━━━ DATA SHOWN

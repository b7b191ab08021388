//! The nodes of a plan by their places.
ghost use Rattle.std.specs.Prelude.{◌≡◌, IfOk, MatchOption, Some, None, option_map};
ghost use Rattle.std.specs.List.{find};
ghost use Rattle.std.specs.Str.{bytes_eq};
ghost use Rattle.pap_tree.specs.Term.{term_of};
ghost use Rattle.pap_tree.specs.Flowchart.{flowchart_of, body_of};
ghost use Rattle.pap_tree.specs.Statements.{term_at};
ghost use Rattle.plan_answers.specs.Refusals.{body_in, node_at, spelling_at};
ghost use Rattle.plan_answers.specs.private.PlaceViews.{IsSearched, IsSearchedIn};

use pap_tree::{Expr, Method, Name, Place, PlanText, Stmt, find_node, print_expr};
use std::alloc::{AllocError, Global};

/// The canonical spelling of the node of a place. A place that has no node has an empty one.
pub(crate) fn spelling_at(
    alloc: Global,
    plan: &PlanText,
    place: &Place,
) -> Result<Vec<u8>, AllocError>
    ensures { IfOk result (λ text. text.items ≡ spelling_at (flowchart_of plan.now) place.now) }
{
    match node_at(plan, place) {
        Some(node) => print_expr(alloc, node),
        None => Ok(Vec::new(alloc)),
    }
}

/// The node of a place.
fn node_at<'a>(plan: &'a PlanText, place: &Place) -> Option<&'a Expr>
    ensures { MatchOption result (node_at (flowchart_of plan.now) place.now ≡ None)
        (λ node. node_at (flowchart_of plan.now) place.now ≡ Some (term_of node.now)) }
{
    let body = body_in(plan, &place.method)?;
    let expression = expression_at(body, place.stmt)?;
    find_node(expression, place.node)
}

/// The statements of a method.
fn body_in<'a>(plan: &'a PlanText, method: &Name) -> Option<&'a [Stmt]>
    ensures { MatchOption result (body_in (flowchart_of plan.now) method.now ≡ None)
        (λ body. body_in (flowchart_of plan.now) method.now ≡ Some (body_of body.now)) }
{
    if *method == Name::main() {
        return Some(&plan.main);
    }
    let methods = plan.methods.as_slice();
    let routine = method_named(methods, method)?;
    Some(routine.body.as_slice())
}

/// The method of a name other than MAIN's.
fn method_named<'a>(methods: &'a [Method], name: &Name) -> Option<&'a Method>
    ensures { option_map (λ m. m.now) result ≡ find (λ m. bytes_eq name.now m.name) methods.now }
{
    methods.iter().find(|method| *name == method.name)
}

/// The expression of the statement of a number: the value of an EVAL or the test of an IF. An EXECUTE has none.
fn expression_at(body: &[Stmt], number: u32) -> Option<&Expr>
    ensures { MatchOption result (term_at (body_of body.now) number ≡ None)
        (λ e. term_at (body_of body.now) number ≡ Some (term_of e.now)) }
{
    match search_body(body, number) {
        Search::Found(e) => Some(e),
        Search::Executes => None,
        Search::Left(_) => None,
    }
}

/// What came of a search for the statement of a number: its expression, that it is an EXECUTE, or how many numbers are left
/// behind those of the statements.
enum Search<'a> {
    Found(&'a Expr),
    Executes,
    Left(u32),
}

/// Searches a list of statements and those inside them.
#[cycle(search_body)]
fn search_body(body: &[Stmt], number: u32) -> Search<'_>
    ensures { IsSearched (body_of body.now) number result }
{
    let mut left = number;
    for statement in body {
        match search_statement(statement, left) {
            Search::Left(behind) => left = behind,
            found => return found,
        }
    }
    Search::Left(left)
}

/// Searches a statement and those inside it.
#[cycle(search_body)]
fn search_statement(statement: &Stmt, number: u32) -> Search<'_>
    ensures { IsSearchedIn statement.now number result }
{
    match statement {
        Stmt::Eval { value, .. } => {
            if number == 0 {
                return Search::Found(value);
            }
            Search::Left(number - 1)
        }
        Stmt::Execute { .. } => {
            if number == 0 {
                return Search::Executes;
            }
            Search::Left(number - 1)
        }
        Stmt::If { test, yes, no } => {
            if number == 0 {
                return Search::Found(test);
            }
            match search_body(yes, number - 1) {
                Search::Left(left) => search_body(no, left),
                found => found,
            }
        }
    }
}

━━━━━━

§ REQUIRED ACTION
Please set down all the data word for word.

§ WRITTEN SOLUTION
repository b7b191ab08021388
//! The nodes of a plan by their places.
ghost use Rattle.std.specs.Prelude.{◌≡◌, IfOk, MatchOption, Some, None, option_map};
ghost use Rattle.std.specs.List.{find};
ghost use Rattle.std.specs.Str.{bytes_eq};
ghost use Rattle.pap_tree.specs.Term.{term_of};
ghost use Rattle.pap_tree.specs.Flowchart.{flowchart_of, body_of};
ghost use Rattle.pap_tree.specs.Statements.{term_at};
ghost use Rattle.plan_answers.specs.Refusals.{body_in, node_at, spelling_at};
ghost use Rattle.plan_answers.specs.private.PlaceViews.{IsSearched, IsSearchedIn};

use pap_tree::{Expr, Method, Name, Place, PlanText, Stmt, find_node, print_expr};
use std::alloc::{AllocError, Global};

/// The canonical spelling of the node of a place. A place that has no node has an empty one.
pub(crate) fn spelling_at(
    alloc: Global,
    plan: &PlanText,
    place: &Place,
) -> Result<Vec<u8>, AllocError>
    ensures { IfOk result (λ text. text.items ≡ spelling_at (flowchart_of plan.now) place.now) }
{
    match node_at(plan, place) {
        Some(node) => print_expr(alloc, node),
        None => Ok(Vec::new(alloc)),
    }
}

/// The node of a place.
fn node_at<'a>(plan: &'a PlanText, place: &Place) -> Option<&'a Expr>
    ensures { MatchOption result (node_at (flowchart_of plan.now) place.now ≡ None)
        (λ node. node_at (flowchart_of plan.now) place.now ≡ Some (term_of node.now)) }
{
    let body = body_in(plan, &place.method)?;
    let expression = expression_at(body, place.stmt)?;
    find_node(expression, place.node)
}

/// The statements of a method.
fn body_in<'a>(plan: &'a PlanText, method: &Name) -> Option<&'a [Stmt]>
    ensures { MatchOption result (body_in (flowchart_of plan.now) method.now ≡ None)
        (λ body. body_in (flowchart_of plan.now) method.now ≡ Some (body_of body.now)) }
{
    if *method == Name::main() {
        return Some(&plan.main);
    }
    let methods = plan.methods.as_slice();
    let routine = method_named(methods, method)?;
    Some(routine.body.as_slice())
}

/// The method of a name other than MAIN's.
fn method_named<'a>(methods: &'a [Method], name: &Name) -> Option<&'a Method>
    ensures { option_map (λ m. m.now) result ≡ find (λ m. bytes_eq name.now m.name) methods.now }
{
    methods.iter().find(|method| *name == method.name)
}

/// The expression of the statement of a number: the value of an EVAL or the test of an IF. An EXECUTE has none.
fn expression_at(body: &[Stmt], number: u32) -> Option<&Expr>
    ensures { MatchOption result (term_at (body_of body.now) number ≡ None)
        (λ e. term_at (body_of body.now) number ≡ Some (term_of e.now)) }
{
    match search_body(body, number) {
        Search::Found(e) => Some(e),
        Search::Executes => None,
        Search::Left(_) => None,
    }
}

/// What came of a search for the statement of a number: its expression, that it is an EXECUTE, or how many numbers are left
/// behind those of the statements.
enum Search<'a> {
    Found(&'a Expr),
    Executes,
    Left(u32),
}

/// Searches a list of statements and those inside them.
#[cycle(search_body)]
fn search_body(body: &[Stmt], number: u32) -> Search<'_>
    ensures { IsSearched (body_of body.now) number result }
{
    let mut left = number;
    for statement in body {
        match search_statement(statement, left) {
            Search::Left(behind) => left = behind,
            found => return found,
        }
    }
    Search::Left(left)
}

/// Searches a statement and those inside it.
#[cycle(search_body)]
fn search_statement(statement: &Stmt, number: u32) -> Search<'_>
    ensures { IsSearchedIn statement.now number result }
{
    match statement {
        Stmt::Eval { value, .. } => {
            if number == 0 {
                return Search::Found(value);
            }
            Search::Left(number - 1)
        }
        Stmt::Execute { .. } => {
            if number == 0 {
                return Search::Executes;
            }
            Search::Left(number - 1)
        }
        Stmt::If { test, yes, no } => {
            if number == 0 {
                return Search::Found(test);
            }
            match search_body(yes, number - 1) {
                Search::Left(left) => search_body(no, left),
                found => found,
            }
        }
    }
}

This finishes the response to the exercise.